Crop Insurance & Moral Hazard
Increasingly, traditional farm safety net programs are being recognized as perpetuating the degeneration of natural capital by modern agriculture.
According to Investopedia, moral hazard is the idea that insurance promotes risk-taking for personal gain. In agriculture, crop insurance contributes to the choice of landowners to continue monocropping, tillage, and heavy crop input applications… despite their negative externalities on soil health, the surrounding environment, and long-term farm economic resiliency.
2 Case Studies: U.S. and Canadian Crop Insurance
The tenets of crop insurance, according to the U.S. website Crop Insurance in America, sound noble on the surface: to “support the American farmer, the American economy, and the American family.” They also claim crop insurance is “the centerpiece of the U.S. farm safety net”.
In a sad twist of fate, farmland subscribed to crop insurance is now more vulnerable and less resilient to weather-related losses. By comparison, farmland managed with cover cropping, intercropping, and rotational grazing sees fast improvements in nutrient cycling and water-holding capacity: 2 key contributors to boosting farmland productivity, and resiliency to extreme weather.
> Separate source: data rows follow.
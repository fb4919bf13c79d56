ghost use Rattle.std.specs.Prelude.{ℕ};
ghost use Rattle.pm_plan.specs.Plans.{IsReady, RunsFinding, IsReadyFor, RunsFor};
ghost use Rattle.pm_redo.specs.Plans.{applies_all, applies_each, applies_entry};
ghost use Rattle.pm_redo.specs.Calls.{Applied, Performed, StandsTo};
ghost use Rattle.pm_redo.specs.Stages.{CanApply, CanSeal};

use crate::seals::{retire, seal};
use pm_layout::WORD_BYTES;
use pm_memory::Stopped;
use pm_plan::{and, or, persist_all, store};
use pm_record::{Op, Redo};
use pm_world::{Lane, LawfulMem};

/// Applies an entry to its word, and tells what an OR or an AND found in it.
fn apply<M: LawfulMem>(mem: &mut M, entry: Redo) -> Result<u64, Stopped>
    requires { (found : ℕ) → IsReady (M.at mem.old) (applies_entry entry found) }
    ensures { RunsFinding (M.at mem.old) (M.at mem.new) (applies_entry entry) result }
{
    let word = entry.place / WORD_BYTES;
    match entry.op {
        Op::Set => {
            store(mem, word, entry.value)?;
            Ok(0)
        }
        Op::Or => or(mem, word, entry.value),
        Op::And => and(mem, word, entry.value),
    }
}

/// Applies entries, in order.
fn apply_each<M: LawfulMem>(mem: &mut M, entries: &[Redo]) -> Result<(), Stopped>
    requires { IsReadyFor (M.at mem.old) (applies_each entries.now) }
    ensures { RunsFor (M.at mem.old) (M.at mem.new) (applies_each entries.now) result }
{
    for entry in entries {
        apply(mem, *entry)?;
    }
    Ok(())
}

/// Applies entries, in order, and makes that persistent.
#[tactic(auto, using(crate::proofs::Finds::told_ready, crate::proofs::Finds::told_next, crate::proofs::Finds::told_err, crate::proofs::Finds::told_then))]
fn apply_entries<M: LawfulMem>(mem: &mut M, entries: &[Redo]) -> Result<(), Stopped>
    requires { IsReadyFor (M.at mem.old) (applies_all entries.now) }
    ensures { RunsFor (M.at mem.old) (M.at mem.new) (applies_all entries.now) result }
{
    apply_each(mem, entries)?;
    persist_all(mem)
}

/// Applies the entries of the lane's sealed log to their words, in order, and makes that
/// persistent. Makes exactly the memory calls of `applies`, for what its ORs and ANDs find.
///
/// # Errors
///
/// `Stopped`: the lane came to its stop; the first of the calls are made.
pub fn apply_all<M: LawfulMem>(lane: &mut Lane<M>) -> Result<(), Stopped>
    requires { StandsTo M.at lane.old CanApply }
    ensures { Applied M.at lane.old lane.new result }
{
    apply_entries(&mut lane.memory, lane.entries.as_slice())
}

/// Performs the lane's log: seals it, applies its entries, and retires it. All of its changes take
/// effect at once, as the seal is drained. Makes exactly the memory calls of `performs`, for what
/// its ORs and ANDs find.
///
/// # Errors
///
/// `Stopped`: the lane came to its stop; the first of the calls are made, and the lists stay.
pub fn perform<M: LawfulMem>(lane: &mut Lane<M>) -> Result<(), Stopped>
    requires { StandsTo M.at lane.old CanSeal }
    ensures { Performed M.at lane.old lane.new result }
{
    seal(lane)?;
    apply_all(lane)?;
    retire(lane)
}
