//! Redo logging: the changes of a call are entered in a log, take effect all at once as the log is
//! sealed, and are applied then.
//!
//! Promises the calls of a lane, over any lawful memory and whatever other lanes do, that each part
//! makes exactly the memory calls of its plan, or the first of them up to the lane's stop; and laws
//! of plans: from which views of a lane each may be carried out, and what it leaves. No part takes
//! memory. It stands on `pm_plan` for plans, on `pm_world` for lawful steps; docs/FORMAT.md,
//! "Sequences".
#![tactic(auto)]

mod effects;
mod entries;
mod laws;
mod pairs;
mod seals;

pub use effects::{apply_all, perform};
pub use entries::put;
pub use laws::{
    entries_may_be_applied, logs_may_be_performed, logs_may_be_sealed, logs_may_be_written,
    numbered_logs_may_be_sealed, seals_may_be_cleared,
};
pub use pairs::log;
pub use seals::{retire, seal};

#[cfg(test)]
mod tests;
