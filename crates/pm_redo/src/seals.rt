ghost use Rattle.pm_plan.specs.Plans.{IsReady, Runs};
ghost use Rattle.pm_redo.specs.Plans.{writes_seal};
ghost use Rattle.pm_redo.specs.Calls.{Cleared, Sealed, StandsTo};
ghost use Rattle.pm_redo.specs.Stages.{CanClear, CanSeal};

use pm_layout::LINE_WORDS;
use pm_memory::Stopped;
use pm_plan::{persist, store};
use pm_world::{Lane, LawfulMem};

/// Stores a seal, and makes it persistent.
#[tactic(auto, using(pm_plan::proofs::Plans::runs_then, pm_plan::proofs::Plans::runs_err, pm_plan::proofs::Plans::ready_first, pm_plan::proofs::Plans::ready_then), unfolding(crate::specs::Plans::writes_seal))]
fn write_seal<M: LawfulMem>(mem: &mut M, word: u64, count: u64) -> Result<(), Stopped>
    requires { IsReady (M.at mem.old) (writes_seal word count) }
    ensures { Runs (M.at mem.old) (M.at mem.new) (writes_seal word count) result }
{
    store(mem, word, count)?;
    persist(mem, word / LINE_WORDS)
}

/// Seals the lane's log: the number of its entries is stored in the seal, and that is made
/// persistent. From then on the call is decided, and a recovery applies its entries. Makes exactly
/// the memory calls of `seals`.
///
/// # Errors
///
/// `Stopped`: the lane came to its stop; the first of the calls are made.
pub fn seal<M: LawfulMem>(lane: &mut Lane<M>) -> Result<(), Stopped>
    requires { StandsTo M.at lane.old CanSeal }
    ensures { Sealed M.at lane.old lane.new result }
{
    let word = lane.shape.word_of_seal(lane.memory.lane());
    write_seal(&mut lane.memory, word, lane.entries.len() as u64)
}

/// Retires a log that is applied: the seal becomes 0, and that is made persistent, so that no
/// recovery applies the entries any more. The last of them ended the generation, and the lane's
/// lists are empty then. Makes exactly the memory calls of `clears`.
///
/// # Errors
///
/// `Stopped`: the lane came to its stop; the first of the calls are made, and the lists stay.
pub fn retire<M: LawfulMem>(lane: &mut Lane<M>) -> Result<(), Stopped>
    requires { StandsTo M.at lane.old CanClear }
    ensures { Cleared M.at lane.old lane.new result }
{
    let word = lane.shape.word_of_seal(lane.memory.lane());
    write_seal(&mut lane.memory, word, 0)?;
    lane.entries.clear();
    lane.log.records.clear();
    Ok(())
}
In Manitoba, Canada, when a farm switches acres into ‘novel practices’ and out of the traditional corn/soybean/canola/wheat crop rotation, the formulas that calculate crop insurance premiums and coverage levels seize up… because their risk management models rely on historic data. Moral hazard is customers continuing on with the status quo to manage the business risk of crop loss due to extreme weather. As a result:
Fields managed in ways that increase the risk of crop loss due to extreme weather qualify for government-subsidized coverage; while
Fields that are the most resilient to extreme weather may not qualify for crop insurance.
It would seem that crop insurance programs have ceased working well for crop insurance agencies. They grew in popularity with government farm safety net programming based on linear risk management variables… that are in fact multi-faceted risk considerations, now shifting the balance of risk-reward in farmland management decision-making.
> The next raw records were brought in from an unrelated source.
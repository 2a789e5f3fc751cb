// Bytes from a pane's program: its terminal takes them, and what that answers goes back to the program.
ghost use Rattle.std.specs.Prelude.{◌≡◌, ◌≤◌, length, Some};
ghost use Rattle.meaning.specs.Panes.{from};
ghost use Rattle.live.specs.Answered.{Answered};
ghost use Rattle.turns.specs.Does.{Does};
ghost use Rattle.live.specs.Turned.{turned};

use engine::{CELLS, MEMORY, OUT};
use machine::state::{Held, Machine};
use machine::store;
use meaning::Told;
use terminal::state::Terminal;
use turns::show::advance;

// How many bytes are answered at most.
const MOST_ANSWERED: usize = 40960;

// How long the answer is, at most ten bytes for each byte; the cells and the room lent are always enough.
fn feed_pane(
    memory: &mut [u64; MEMORY],
    terminal: &mut Terminal,
    bytes: &[u8],
    out: &mut [u8; OUT],
) -> usize
    requires { length bytes.now ≤ 4096 }
    ensures done { Answered terminal.old memory.old bytes.now out.old result terminal.new memory.new out.new }
    ensures small { result ≤ 40960 }
{
    let n = terminal.size.cells();
    terminal
        .feed(
            &mut memory[CELLS..CELLS + n],
            bytes,
            &mut out[0..MOST_ANSWERED],
        )
        .unwrap()
}

// The pane's own program has written: an answer is sent, or it goes on.
fn write_pane(
    memory: &mut [u64; MEMORY],
    x: Machine,
    p: Held,
    bytes: &[u8],
    out: &mut [u8; OUT],
) -> Told
    requires few { length bytes.now ≤ 4096 }
    requires pane { x.pane ≡ Some p }
    ensures { Does (turned x memory.old (from p.id bytes.now)) memory.old memory.new result out.old out.new }
{
    let mut terminal = p.terminal;
    let count = feed_pane(memory, &mut terminal, bytes, out);
    let mut y = x;
    y.pane = Some(Held { id: p.id, terminal });
    if count > 0 {
        store(memory, y);
        return Told::Send(65536 * p.id + count as u64);
    }
    advance(memory, y, out)
}

// Bytes from a program that has no pane change nothing.
pub(crate) fn take_bytes(
    memory: &mut [u64; MEMORY],
    x: Machine,
    id: u64,
    bytes: &[u8],
    out: &mut [u8; OUT],
) -> Told
    requires { length bytes.now ≤ 4096 }
    ensures { Does (turned x memory.old (from id bytes.now)) memory.old memory.new result out.old out.new }
{
    match x.pane {
        Some(p) if p.id == id => write_pane(memory, x, p, bytes, out),
        _ => advance(memory, x, out),
    }
}
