// Bytes added at the end of what a lent row holds so far. Where there is no room nothing changes.
#![tactic(auto)]

ghost use Rattle.std.specs.Prelude.{◌≡◌, ◌+◌, ◌<◌, ◌≤◌, [], ◌∷◌, length};
ghost use Rattle.meaning.specs.Bytes.{in_digits};
ghost use Rattle.output.specs.Added.{Adds, Unchanged};

// A lent row of bytes, of which the first `len` count.
#[derive(Drop)]
pub struct Buffer<'a> {
    pub bytes: &'a mut [u8],
    pub len: usize,
}

impl Buffer<'_> {
    // One byte.
    pub fn push(&mut self, b: u8)
        ensures added { self.old.len < length self.old.bytes.now → Adds self.old self.new (b ∷ []) }
        ensures full { length self.old.bytes.now ≤ self.old.len → Unchanged self.old self.new }
    {
        if self.len < self.bytes.len() {
            self.bytes[self.len] = b;
            self.len += 1;
        }
    }

    // Several bytes, where there is room for all of them.
    pub fn text(&mut self, bytes: &[u8])
        ensures added { self.old.len + length bytes.now ≤ length self.old.bytes.now → Adds self.old self.new bytes.now }
        ensures full { length self.old.bytes.now < self.old.len + length bytes.now → Unchanged self.old self.new }
    {
        if self.len <= self.bytes.len() && bytes.len() <= self.bytes.len() - self.len {
            let end = self.len + bytes.len();
            self.bytes[self.len..end].copy_from_slice(bytes);
            self.len = end;
        }
    }

    // A number below 1,000 in decimal, where there is room for three digits. The library writes decimals into a row of its own, which would be copied from.
    pub fn number(&mut self, k: usize)
        ensures added { self.old.len + 3 ≤ length self.old.bytes.now → k < 1000 → Adds self.old self.new (in_digits k) }
        ensures most { self.new.len ≤ self.old.len + 3 }
        ensures full { length self.old.bytes.now < self.old.len + 3 → Unchanged self.old self.new }
        ensures large { 1000 ≤ k → Unchanged self.old self.new }
    {
        if self.bytes.len() < 3 || self.len > self.bytes.len() - 3 || k >= 1000 {
            return;
        }
        if k < 10 {
            self.push(b'0' + k as u8);
        } else if k < 100 {
            self.push(b'0' + (k / 10) as u8);
            self.push(b'0' + (k % 10) as u8);
        } else {
            self.push(b'0' + (k / 100) as u8);
            self.push(b'0' + (k / 10 % 10) as u8);
            self.push(b'0' + (k % 10) as u8);
        }
    }
}
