// One turn by what has come, over memory that holds a machine, or none yet.
ghost use Rattle.std.specs.Prelude.{◌≡◌, ℕ, true, List, length, Some};
ghost use Rattle.meaning.specs.Panes.{attach, at_first};
ghost use Rattle.meaning.specs.Promise.{comes, wait, proper_event};
ghost use Rattle.engine.specs.State.{out as out_of, fresh_view};
ghost use Rattle.machine.specs.States.{Loads};
ghost use Rattle.machine.specs.declared.state.Loaded.TheVariants.{Is};
ghost use Rattle.turns.specs.Does.{Does};
ghost use Rattle.live.specs.Coming.{event_of};
ghost use Rattle.live.specs.Goes.{Goes};
ghost use Rattle.live.specs.Turned.{AtFirst};

use crate::bytes::take_bytes;
use crate::coming::{Coming, is_proper};
use crate::keys::take_key;
use crate::sizes::{attach_first, clear_view, take_size};
use engine::{MEMORY, OUT};
use grid::size::Size;
use machine::state::{Loaded, Machine};
use machine::{load, store};
use meaning::Told;
use render::pen::Pen;
use turns::ends::take_end;

// The machine to which nothing has come yet.
fn untouched() -> Machine
    ensures { AtFirst result }
{
    Machine {
        size: Size { wide: 1, high: 1 },
        attached: false,
        prefix: false,
        next: 1,
        pane: None,
        pen: Pen::fresh(),
    }
}

// Nothing is there yet, and nothing is done; but from now on the memory holds the machine.
pub(crate) fn settle_in(memory: &mut [u64; MEMORY]) -> Told
    ensures { (ys : List ℕ) → Does (out_of at_first (fresh_view 1 1) wait) memory.old memory.new result ys ys }
{
    let x = untouched();
    clear_view(memory, x.size);
    store(memory, x);
    Told::Wait
}

// Columns and rows that are proper are a size.
fn size_of(columns: u64, rows: u64) -> Size
    requires { proper_event (attach columns rows) ≡ true }
    ensures { (result.wide ≡ columns) × (result.high ≡ rows) }
{
    Size::new(columns as usize, rows as usize).unwrap()
}

// What comes to a machine that is there.
fn take_turn(
    memory: &mut [u64; MEMORY],
    x: Machine,
    coming: Coming,
    bytes: &[u8],
    out: &mut [u8; OUT],
) -> Told
    requires holds { Loads memory.old (Some (Is x)) }
    requires proper { proper_event (event_of coming bytes.now) ≡ true }
    ensures { Goes (comes (event_of coming bytes.now)) memory.old memory.new result out.old out.new }
{
    match coming {
        Coming::Key(c) => take_key(memory, x, c, out),
        Coming::From(id) => take_bytes(memory, x, id, bytes, out),
        Coming::Gone(id) => take_end(memory, x, id, out),
        Coming::Look(columns, rows) => take_size(memory, x, size_of(columns, rows), out),
    }
}

// One thing that comes. What is not proper changes nothing, nor does anything where the memory holds no state.
pub(crate) fn take(
    memory: &mut [u64; MEMORY],
    coming: Coming,
    bytes: &[u8],
    out: &mut [u8; OUT],
) -> Told
    ensures does { Goes (comes (event_of coming bytes.now)) memory.old memory.new result out.old out.new }
    ensures row { length out.new ≡ OUT }
{
    if !is_proper(coming, bytes) {
        return Told::Wait;
    }
    match load(memory) {
        Some(Loaded::Is(x)) => take_turn(memory, x, coming, bytes, out),
        Some(Loaded::First) => match coming {
            Coming::Look(columns, rows) => {
                attach_first(memory, untouched(), size_of(columns, rows))
            }
            _ => settle_in(memory),
        },
        None => Told::Wait,
    }
}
Regenerate America sums it up nicely and spells out the appropriate policy response:
“The finance and insurance products that farmers rely on have immense potential to support a transition to regenerative agriculture, but current policies have created a system that often undermines, or even actively prevents, common sense soil health practices that reduce risk on farms – resulting in large scale soil loss and land degradation at an enormous cost to US taxpayers. Crop insurance and lending policy must be adjusted to support regenerative agriculture by removing outdated barriers and creating incentives that recognize the risk-reduction benefits of soil health and conservation management practices.
Summary of Policy Requests:
Crop Insurance: Remove barriers and expand incentives for producers to adopt risk-reducing soil health/conservation practices and more diversified operations.
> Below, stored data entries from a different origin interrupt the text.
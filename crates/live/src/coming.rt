// What comes to the machine.
ghost use Rattle.std.specs.Prelude.{◌≡◌, nat_lt};
ghost use Rattle.meaning.specs.Promise.{proper_event};
ghost use Rattle.live.specs.Coming.{event_of};

// How many bytes come at a time at most.
const MOST_BYTES: usize = 4096;

#[derive(Clone, Copy)]
pub enum Coming {
    // A key.
    Key(u8),
    // Bytes from this pane's program; they stand beside it.
    From(u64),
    // This pane's program has ended.
    Gone(u64),
    // Somebody attaches, or has another size: columns and rows.
    Look(u64, u64),
}

// Any byte is a key. This stands in a function of its own, where a byte is known to be below 256; in an arm that takes it out of a variant it is not.
fn is_key(key: u8) -> bool
    ensures { result ≡ nat_lt key 256 }
{
    u64::from(key) < 256
}

// A screen has 1 to 200 columns and 2 to 60 rows, one for the status line.
pub(crate) fn is_proper(coming: Coming, bytes: &[u8]) -> bool
    ensures { result ≡ proper_event (event_of coming bytes.now) }
{
    match coming {
        Coming::Key(key) => is_key(key),
        Coming::From(_) => bytes.len() <= MOST_BYTES,
        Coming::Gone(_) => true,
        Coming::Look(columns, rows) => (1..=200).contains(&columns) && (2..=60).contains(&rows),
    }
}
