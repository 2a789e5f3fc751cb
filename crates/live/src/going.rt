// Going on with what has begun.
ghost use Rattle.std.specs.Prelude.{◌≡◌, length};
ghost use Rattle.meaning.specs.Promise.{next};
ghost use Rattle.live.specs.Goes.{Goes};

use crate::turn::settle_in;
use engine::{MEMORY, OUT};
use machine::load;
use machine::state::Loaded;
use meaning::Told;
use turns::show::advance;

// Nothing has come. Where the memory holds no state nothing changes.
pub(crate) fn resume(memory: &mut [u64; MEMORY], out: &mut [u8; OUT]) -> Told
    ensures does { Goes next memory.old memory.new result out.old out.new }
    ensures row { length out.new ≡ OUT }
{
    match load(memory) {
        Some(Loaded::Is(x)) => advance(memory, x, out),
        Some(Loaded::First) => settle_in(memory),
        None => Told::Wait,
    }
}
Lending: Develop offerings (such as lower rates, loan deferments and flexible terms) that fast-track and vastly expand the viability of a large-scale transition to regenerative agriculture.”
The latter initiative is already underway in the private sector for financing and transitioning farmland into better practices. Learn a lot more in the segment below:
Compare & Contrast: Crop v. Home Insurance
Anyone who owns property near a forest or a shoreline these days might be feeling nervous. It seems more like when, not if, homes will be threatened by intense fire and flooding.
Already there are reports of difficulties dealing with insurance companies whose traditional models for predicting losses would not have been sufficient to manage the spike in climate disaster claims. For example, in California it’s even affecting the housing market.
As opposed to being denied like homeowners, crop insurance customers are opting out and adopting self-insurance practices to manage the risk of loss due to extreme weather. In the context of building business plans for fields, reintroducing biodiversity and natural fertility into a field’s production system is working to supplant the need for crop insurance.
Summary
All types of insurance companies will need to newly manage the risk of claims inflating beyond what traditional premiums were designed to cover. It is possible that some of them fail outright, in which case, what will become of the value proposition of paying insurance premiums in the first place?
Already, home insurance adjustors are flailing to process spikes in claims in weather-ravaged communities. Meanwhile, customers of crop insurance are prepared to drop insurance and to adopt novel climate-resilient management practices instead.
Opting out of insurance is counter-cultural - it feels like a very risky strategy for financial resiliency in all cases. But if the coverage isn’t what it seems anyway, customers may end off better, in the absence of moral hazard, to deploy risk management strategies according to individual context.